# RAM Policy Requirements

This skill requires the following RAM permissions to operate correctly.

## Minimum Required Permissions

### WAF OpenAPI Permissions

| Action | Resource | Description |
|--------|----------|-------------|
| `waf:DescribeInstance` | `*` | Query WAF instance information |
| `waf:DescribeSlsLogStore` | `*` | Get SLS log storage configuration |
| `waf:DescribeSlsLogStoreStatus` | `*` | Check global log service status |
| `waf:DescribeResourceLogStatus` | `*` | Check protection object log switch |
| `waf:DescribeDefenseTemplates` | `*` | List defense templates |
| `waf:DescribeDefenseRule` | `*` | Query defense rule details |
| `waf:DescribeDefenseRules` | `*` | List defense rules |
| `waf:DescribeBaseSystemRules` | `*` | Query built-in system rule details |

### SLS Permissions

| Action | Resource | Description |
|--------|----------|-------------|
| `log:GetLogStoreLogs` | `acs:log:*:*:project/<waf-sls-project>/logstore/<waf-logstore>` | Query WAF block logs from SLS |

### Optional Permissions (Rule Operations)

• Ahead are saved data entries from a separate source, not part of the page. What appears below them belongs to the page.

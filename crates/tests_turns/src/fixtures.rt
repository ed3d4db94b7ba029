ghost use Rattle.std.specs.Prelude.{◌≡◌, IfOk};
ghost use Rattle.claim_rule.specs.Tokens.{IsOf, number_in};

use activation::{Gate, Turn, activate};
use amoebot_state::Decider;
use claim_core::{Journal, Lists};
use claim_rule::{Field, Seat};
use std::process::Abort;
use std::sync::Wait;
use std::sync::atomic::{AtomicU64, Ordering};
use std::test::Fail;

/// A gate that counts its calls.
#[derive(Drop)]
pub struct Counter {
    calls: AtomicU64,
}

impl Counter {
    pub fn new() -> Counter {
        Counter {
            calls: AtomicU64::new(0),
        }
    }

    pub fn calls(&self) -> u64 {
        self.calls.load(Ordering::SeqCst)
    }
}

impl Gate for Counter {
    fn claimed(&self, _caller: u8, _turn: u32) {
        self.calls.fetch_add(1, Ordering::SeqCst);
    }
}

/// The seat's next turn, whole.
pub fn turn_of<R: Wait, D: Decider, G: Gate>(
    rt: &R,
    field: &Field<'_, D>,
    lists: &Lists,
    gate: &G,
    seat: Seat<D>,
) -> Result<(Seat<D>, Turn), Fail>
    requires of { IsOf field.now seat }
    requires lists { field.now.terms.lists ≡ lists.now }
    ensures of { IfOk result (λ after. IsOf field.now after.0) }
    ensures same { IfOk result (λ after. number_in after.0 ≡ number_in seat) }
{
    let turn = seat.next_turn();
    let caller = seat.caller();
    if caller >= lists.callers() || turn >= lists.turns() {
        return Err(Fail::from("no turn is left"));
    }
    Ok(activate(rt, field, seat, gate, turn, lists.bot(caller, turn)))
}

/// The entries are of these callers, turns and amoebots, and each sets variable 0 of its amoebot.
pub fn are_entries(rt: &impl Abort, journal: &Journal, expected: &[(u8, u32, u16)]) {
    let entries = journal.entries();
    assert!(rt; entries.len() == expected.len());
    for (entry, turn) in entries.iter().zip(expected) {
        assert!(rt; (entry.caller, entry.turn, entry.bot) == *turn);
        assert!(rt; entry.action == 0 && entry.patch.triples().len() == 1);
    }
}
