//! What the workers leave of small worlds, by each way of committing.
ghost use Rattle.std.specs.Prelude.{◌≤◌, length, IfOk, IsSome};
ghost use Rattle.std.specs.List.{All};
ghost use Rattle.amoebot_state.specs.Limits.{most_bots};
ghost use Rattle.amoebot_state.specs.Configs.{bot_at};
ghost use Rattle.amoebot_state.specs.Refusals.{IsBotInRange};
ghost use Rattle.turn_workers.specs.Turns.{AreTurnsOf};

use activation::Gate;
use amoebot_state::{Bot, Decider, World};
use claim_core::{Lists, Report};
use small_worlds::{lists_of, world_of};
use std::alloc::Global;
use std::process::Abort;
use std::sync::Wait;
use std::test::Fail;
use std::thread::Threads;
use ticket_commit::{TicketWorked, work_tickets};
use turn_workers::{Worked, work};

/// How the workers commit: each takes the journal for it, or draws its place.
#[derive(Clone, Copy)]
pub enum Way {
    Journal,
    Tickets,
}

pub const WAYS: [Way; 2] = [Way::Journal, Way::Tickets];

/// What the workers of callers of so many turns with these lists
/// leave of a world of these amoebots.
pub fn report_of<R: Abort + Threads + Wait + Sync, D: Decider, G: Gate>(
    rt: &R,
    alloc: Global,
    way: Way,
    decider: &D,
    bots: &[Bot],
    turns: u32,
    ids: &[&[u16]],
    gate: &G,
) -> Result<Report, Fail>
    requires few { length bots.now ≤ most_bots }
    requires in_range { All IsBotInRange bots.now }
{
    let world = world_of(alloc, bots)?;
    let lists = lists_of(alloc, turns, &world, ids)?;
    report_over(rt, alloc, way, decider, world, &lists, gate)
}

/// What the workers leave of a world.
/// Each turn carries its caller and its number, and has the report's mark.
pub fn report_over<R: Abort + Threads + Wait + Sync, D: Decider, G: Gate>(
    rt: &R,
    alloc: Global,
    way: Way,
    decider: &D,
    world: World,
    lists: &Lists,
    gate: &G,
) -> Result<Report, Fail>
    requires { All (All (λ id. IsSome (bot_at world id))) lists.now.ids }
{
    match way {
        Way::Journal => {
            let worked = work_over(rt, alloc, decider, world, lists, gate)?;
            check_turns(rt, &worked)?;
            let Worked { report, turns: _ } = worked;
            Ok(report)
        }
        Way::Tickets => {
            let worked = tickets_over(rt, alloc, decider, world, lists, gate)?;
            check_tickets(rt, &worked)?;
            let TicketWorked { report, turns: _ } = worked;
            Ok(report)
        }
    }
}

fn work_over<R: Threads + Wait + Sync, D: Decider, G: Gate>(
    rt: &R,
    alloc: Global,
    decider: &D,
    world: World,
    lists: &Lists,
    gate: &G,
) -> Result<Worked, Fail>
    requires { All (All (λ id. IsSome (bot_at world id))) lists.now.ids }
    ensures { IfOk result (λ worked. AreTurnsOf worked.report.turns worked.turns) }
{
    match work(rt, alloc, decider, world, lists, gate) {
        Ok(worked) => Ok(worked),
        Err(_) => Err(Fail::from("no memory")),
    }
}

fn tickets_over<R: Threads + Wait + Sync, D: Decider, G: Gate>(
    rt: &R,
    alloc: Global,
    decider: &D,
    world: World,
    lists: &Lists,
    gate: &G,
) -> Result<TicketWorked, Fail>
    requires { All (All (λ id. IsSome (bot_at world id))) lists.now.ids }
    ensures { IfOk result (λ worked. AreTurnsOf worked.report.turns worked.turns) }
{
    match work_tickets(rt, alloc, decider, world, lists, gate) {
        Ok(worked) => Ok(worked),
        Err(_) => Err(Fail::from("no memory")),
    }
}

/// Checks that each turn carries its caller and its number, and has the report's mark.
fn check_turns(rt: &impl Abort, worked: &Worked) -> Result<(), Fail>
    requires { AreTurnsOf worked.now.report.turns worked.now.turns }
{
    let marks = &worked.report.turns;
    for caller in 0..marks.callers() {
        for turn in 0..marks.count(caller) {
            let answer = worked.turns.turn(caller, turn);
            assert!(rt; (answer.caller(), answer.turn()) == (caller, turn));
            assert!(rt; answer.mark() == marks.mark(caller, turn));
        }
    }
    Ok(())
}

/// Checks the same of turns whose commits drew their places.
fn check_tickets(rt: &impl Abort, worked: &TicketWorked) -> Result<(), Fail>
    requires { AreTurnsOf worked.now.report.turns worked.now.turns }
{
    let marks = &worked.report.turns;
    for caller in 0..marks.callers() {
        for turn in 0..marks.count(caller) {
            let answer = worked.turns.turn(caller, turn);
            assert!(rt; (answer.caller(), answer.turn()) == (caller, turn));
            assert!(rt; answer.mark() == marks.mark(caller, turn));
        }
    }
    Ok(())
}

These permissions are only needed when the user requests to disable a WAF rule:

| Action | Resource | Description |
|--------|----------|-------------|
| `waf:ModifyDefenseRuleStatus` | `*` | Disable/enable a defense rule (RuleStatus=0/1 only) |

### Optional Permissions (Log Service Management)

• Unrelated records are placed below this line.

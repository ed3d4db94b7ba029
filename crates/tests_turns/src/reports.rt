//! Reports of real threads over small worlds where zones meet,
//! judged by a simple checker that knows the model and nothing of claims.
ghost use Rattle.std.specs.Prelude.{◌≤◌, length};
ghost use Rattle.std.specs.List.{All};
ghost use Rattle.amoebot_state.specs.Limits.{most_bots};
ghost use Rattle.amoebot_state.specs.Refusals.{IsBotInRange};

use crate::runs::{WAYS, report_of};
use activation::NoGate;
use amoebot_state::{Bot, Decider, End, Port};
use small_worlds::{Expander, Marker, lists_of, standing, turned, world_of};
use std::alloc::Global;
use std::process::Abort;
use std::sync::Wait;
use std::test::Fail;
use std::thread::Threads;
use tests_claims::{YieldGate, is_report};

/// Expands contracted amoebots through head 0.
const EXPANDER: Expander = Expander {
    port: Port {
        end: End::Head,
        dir: 0,
    },
};

/// Judges the reports of so many runs by each way.
/// Each journal, replayed, gives the report's world.
fn check_runs<R: Threads + Wait + Sync + Abort, D: Decider>(
    rt: &R,
    alloc: Global,
    decider: &D,
    bots: &[Bot],
    lists: (u32, &[&[u16]]),
    runs: u32,
) -> Result<(), Fail>
    requires few { length bots.now ≤ most_bots }
    requires in_range { All IsBotInRange bots.now }
{
    let (turns, ids) = lists;
    let first = world_of(alloc, bots)?;
    let lists = lists_of(alloc, turns, &first, ids)?;
    for run in 0..runs {
        for way in WAYS {
            let report = if run % 2 == 0 {
                report_of(rt, alloc, way, decider, bots, turns, ids, &NoGate)?
            } else {
                report_of(rt, alloc, way, decider, bots, turns, ids, &YieldGate)?
            };
            let passes = is_report(alloc, decider, &first, &lists, &report)?;
            assert!(rt; passes, "run {run}");
        }
    }
    Ok(())
}

#[test]
fn two_workers_leave_right_reports(rt: HostRuntime) -> Result<(), Fail> {
    check_runs(
        &rt,
        rt.alloc(),
        &Marker,
        &[standing(2, 3, 0), standing(3, 3, 0), standing(2, 4, 0)],
        (4, &[&[0, 1, 2], &[2, 1]]),
        20,
    )
}

#[test]
fn four_workers_that_want_one_node_leave_right_reports(rt: HostRuntime) -> Result<(), Fail> {
    check_runs(
        &rt,
        rt.alloc(),
        &EXPANDER,
        &[
            standing(2, 3, 0),
            turned(4, 3),
            standing(7, 4, 0),
            standing(6, 4, 0),
        ],
        (3, &[&[0, 2], &[1], &[3, 0, 1], &[2, 3]]),
        20,
    )
}

#[test]
fn sixteen_workers_on_three_amoebots_leave_right_reports(rt: HostRuntime) -> Result<(), Fail> {
    check_runs(
        &rt,
        rt.alloc(),
        &Marker,
        &[standing(2, 3, 0), standing(3, 3, 0), standing(2, 4, 0)],
        (
            3,
            &[
                &[0],
                &[1],
                &[2],
                &[0, 1],
                &[1, 2],
                &[2, 0],
                &[0],
                &[1],
                &[2],
                &[0, 1],
                &[1, 2],
                &[2, 0],
                &[0],
                &[1],
                &[2],
                &[2, 1, 0],
            ],
        ),
        20,
    )
}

These permissions are only needed when enabling log service or log collection for a protection object:

| Action | Resource | Description |
|--------|----------|-------------|
| `waf:ModifyUserWafLogStatus` | `*` | Enable WAF log service for an instance (enable only, disable is not permitted) |
| `waf:ModifyResourceLogStatus` | `*` | Enable/disable log collection for a protection object |

## Sample RAM Policy (JSON)

```json
{
  "Version": "1",
  "Statement": [
    {
      "Effect": "Allow",
      "Action": [
        "waf:DescribeInstance",
        "waf:DescribeSlsLogStore",
        "waf:DescribeSlsLogStoreStatus",
        "waf:DescribeResourceLogStatus",
        "waf:DescribeDefenseTemplates",
        "waf:DescribeDefenseRule",
        "waf:DescribeDefenseRules",
        "waf:DescribeBaseSystemRules"
      ],
      "Resource": "*"
    },
    {
      "Effect": "Allow",
      "Action": [
        "log:GetLogStoreLogs"
      ],
      "Resource": "acs:log:*:*:project/*/logstore/*"
    }
  ]
}
```

## Notes

- The WAF resources use `*` because WAF instance IDs are dynamically discovered during execution.
- The SLS resource can be narrowed to specific projects/logstores if known in advance.
- Rule modification permissions (`ModifyDefenseRuleStatus`) are intentionally excluded from the base policy. Only grant when rule disable operations are needed.
- This skill **never** calls `DeleteDefenseRule` or `ModifyDefenseRule` — those actions are explicitly prohibited.